Breach of the duty of confidentiality
The recent case of CF Partners (UK) LLP v Barclays Bank PLC and another  has served as a reminder to the recipients of confidential information that a duty of confidence may arise even in the absence of a Non-Disclosure Agreement or a confidentiality agreement.
CF Partners (IK) LLP ("CF Partners") the claimant in the proceedings, was a customer of Barclays Bank PLC ("Barclays") who provided detailed information to the bank in support of a loan application for the acquisition of a carbon trading company (the "Target Company"). The Target Company was also made a defendant in the proceedings. CF Partners believed that the Target Company had been significantly undervalued, making it a very attractive proposition. The information surrounding it had been provided in confidence.
When negotiations between CF Partners and Barclays broke down, the bank took advantage of the knowledge they had gained as recipients of the information. Barclays purchased the Target Company and made a substantial profit on its sale.

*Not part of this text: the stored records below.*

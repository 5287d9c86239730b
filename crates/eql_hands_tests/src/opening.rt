//! Lanes of which nothing was read, and parts on which nothing is pending.
ghost use Rattle.std.specs.Prelude.{◌≡◌, ◌≤◌, IfOk, None, length};
ghost use Rattle.eql_stages.specs.Planned.{line_of, planned_query};
ghost use Rattle.eql_hands_tests.specs.Fresh.{IsFreshLane};

use eql_auto::Steps;
use eql_hub::TurnedPart;
use eql_lane::{Lane, LaneStart};
use eql_outside::{MemFile, MemSource, Source};
use eql_parts::Part;
use eql_stages::{Plan, PlanReader};
use eql_values::{Holders, LineReader, Mark, Memory};
use std::alloc::Global;
use std::sync::ledger::{Ledger, Share};
use std::test::Fail;

/// How many bytes a take of a source gives at most.
const PIECE: usize = 100;

/// A source over a text.
pub(crate) fn source_over(alloc: Global, text: &[u8]) -> Result<MemSource, Memory> {
    Ok(MemSource::new(MemFile {
        name: String::new(alloc),
        bytes: Vec::from_slice(alloc, text)?,
        piece: PIECE,
        fails: Vec::new(alloc),
    }))
}

/// A lane over a source, of which nothing was read, without a slack.
pub(crate) fn fresh_lane<S: Source + Drop>(
    alloc: Global,
    plan: &Plan,
    source: S,
    shard: u32,
) -> Result<Lane<S, PlanReader>, Fail>
    ensures { IfOk result (IsFreshLane ⟦<PlanReader as LineReader>⟧.read_of
        (line_of (planned_query plan.now)) shard) }
{
    let reader = PlanReader::new(alloc, plan)?;
    match Lane::make(alloc, source, reader, shard, None, LaneStart::Fresh) {
        Ok(lane) => Ok(lane),
        Err(_) => Err(Fail::new("a lane isn't made")),
    }
}

/// Sixteen parts of so many stages, with no span, on which nothing is pending.
pub(crate) fn fresh_parts<G: Ledger>(
    alloc: Global,
    stages: u32,
    share: Share<G>,
) -> Result<Vec<TurnedPart<G>>, Memory>
    requires from { 1 ≤ stages }
    requires to { stages ≤ 256 }
    requires shares { 16 ≤ share.parts }
    requires nothing { share.amount ≡ 0 }
    ensures { IfOk result (λ parts. length parts.items ≡ 16) }
{
    let mut share = share;
    let mut parts = Vec::new(alloc);
    for _part in 0..16usize {
        let mut steps = Steps::of(share.split_off(1, 0));
        let none = Holders::of(Vec::new(alloc));
        let part = Part::new(alloc, stages, None, none, Mark::Start, &mut steps)?;
        parts.push(TurnedPart::new(part, steps))?;
    }
    Ok(parts)
}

It was agreed that there was no fiduciary duty between CF Partners and Barclays or the Target Company, instead it was argued that there was an equitable breach of a duty of confidence and of an obligation of exclusivity by both of the Defendants. Although a claim of a breach of an obligation of exclusivity did not succeed, the judge found that a duty of confidence will arise
"…whenever a person receives information he knows or ought to know is fairly and reasonably to be regarded as confidential."
The judge held that Barclays knew the information they had received was confidential, that it was not "public property and public knowledge" and was of considerable value. Barclays and the Target Company were found jointly liable to pay the sum of €10 million. This was the sum the claimant might reasonably have negotiated for the confidential information prior to Barclays using the information. These are known as "hypothetical" negotiation damages or "Wrotham Park" damages. An account of profits could not be ordered as there was no fiduciary relationship between Barclays and CF Partners.
In essence, the case is based on the principle of conscience and that recipients of information must not take advantage of information they have gained in confidence. The case principally highlights that an equitable duty of confidence may be imposed even in the absence of a binding contract.